Once we cracked that, we wired it into a Python script for summarizing the transcript, `summarizer.py`, and included `.env` support to secure our OpenAI key—a crucial lesson on the importance of `.env` handling in real-world Python scripting. The summarizer uses GPT-4 with a carefully crafted prompt, extracting ten key themes and summarizing each in approximately 200 words, including a “Learn More” prompt under each theme.

Then, we faced the formatting war.

We experimented with `fpdf`, but it stumbled on emojis. Likewise, `python-docx` failed with colored headers. We rewired everything to use justified alignment, brand red color, and added social footer links.
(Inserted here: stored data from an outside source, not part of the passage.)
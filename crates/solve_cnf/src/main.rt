//! A formula in DIMACS form from standard input is solved within a budget of learnt clauses, which
//! is the one word of the command, and the answer is printed in the form of the SAT competitions:
//! `s SATISFIABLE` with a `v` line, `s UNSATISFIABLE` or `s UNKNOWN`. A derivation is checked before
//! it is told.
//!
//! The status is 10, 20 or 0 for the three answers, and 1 where the words or the text are refused,
//! memory is wanted or the system fails.
#![tactic(auto)]

mod answers;
#[cfg(test)]
mod tests;

ghost use Rattle.std.specs.Prelude.{IfOk};
ghost use Rattle.dimacs_text.specs.Texts.{IsHeaded};

use anyhow::{Context, bail};
use dimacs_text::{Headed, read_dimacs};
use sdcv_base::read_decimal;
use std::io::{BufReader, BufWriter, Read, Write};
use std::process::ExitCode;
use std::rt::Env;
use std::{env, io};

fn main(rt: HostRuntime) -> ExitCode {
    match run(&rt) {
        Ok(code) => code,
        Err(error) => {
            let _ = eprintln!(rt; "solve_cnf: {error:#}");
            ExitCode::from(1)
        }
    }
}

fn run(rt: &HostRuntime) -> anyhow::Result<ExitCode> {
    let budget = budget(rt)?;
    let formula = formula(rt)?;
    let mut out = BufWriter::new(rt.alloc(), io::writer(rt))?;
    let status = answers::solved(rt.alloc(), &formula, budget, &mut out)?;
    out.flush()?;
    Ok(ExitCode::from(status))
}

/// The budget, from the one word of the command.
fn budget(rt: &HostRuntime) -> anyhow::Result<u64> {
    let mut words = env::args(rt)?.skip(1);
    let word = words.next().context("one word is wanted: the budget")?;
    if words.next().is_some() {
        bail!("one word is wanted: the budget");
    }
    read_decimal(word.as_bytes(), u64::MAX).context("the budget is no number")
}

/// The formula that standard input holds.
fn formula(rt: &HostRuntime) -> anyhow::Result<Headed>
    ensures { IfOk result IsHeaded }
{
    let alloc = rt.alloc();
    let mut text = Vec::new(alloc);
    BufReader::new(alloc, rt.reader())?.read_to_end(&mut text)?;
    Ok(read_dimacs(alloc, &text)?)
}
After several broken files and one near mid-burnout rant, the moment of glory arrived:

> “Done. Final output saved at: outputs/InsightDoc_xxxxxx.docx”

Victory!

Maiden Run: A Badge of Honor 🏅

Here’s what our very first real-world test run looked like:

That’s it. ₹6 worth of AI magic (less than a chai-sutta 🚬 ☕ break!). Completely reusable.

Here’s a screengrab of the full agent run:

Here’s how the full agent structure looked:

While I caught my breath, we didn’t stop. We pushed ourselves to think about how we would price it and limit usage.

Cost Estimation

Average run = ~25,000–30,000 tokens for a 60–90 minute podcast/video
GPT-4 cost: ~$0.15–$0.20 per run
Infra + storage buffer: $0.05
Total cost per insight: ~$0.25

Pricing Models

Cost-only: ₹25–30/run
Profit mode (10%): ₹30–35/run

We developed a usage logging script, `usage_logger.py`, to track:

Video link
Token count
Cost
File delivered

We considered Razorpay integration, quota limiting via Google Sheets, and even Make.com webhooks. As I sipped my café crème, this weekend project evolved into a tool with a pseudo business plan!

The Local LLM Question

The mentor in me was keeping a watchful eye. Naturally, we asked: what if we ditch the OpenAI API and run our own GPT locally? Can I let my students use this without incurring costs?

We explored models like Mixtral, LLaMA 3, and Mistral 7B. We looked into `llama-cpp`, `vllm`, and GGUF quantizations. The pros included:

✅ Total control
✅ No API cost
✅ Full offline privacy

But there were drawbacks:

❌ 13B models ≈ GPT-3.5 at best
❌ 1 token/sec on CPU = slow
❌ Requires GPUs for practical runs
❌ Setup complexity for non-devs

For now, we’re sticking with OpenAI—but the fork is ready. This solution will go fully local when necessary.

What We Learned (a.k.a. Why You Should Do This Too)

You don’t need a platform to build a product. You need a problem and persistence.
You don’t need a UI to test value. We tested it on CLI and shipped a result.
You don’t need permission. You just need one solved pain.
`.env`
> hardcoded keys. Never going back.
You can go from problem to working agent in three hours. No excuses.

We didn’t build for everyone; we built for ourselves. Consequently, we created something ten times more valuable than another theory-packed blog post.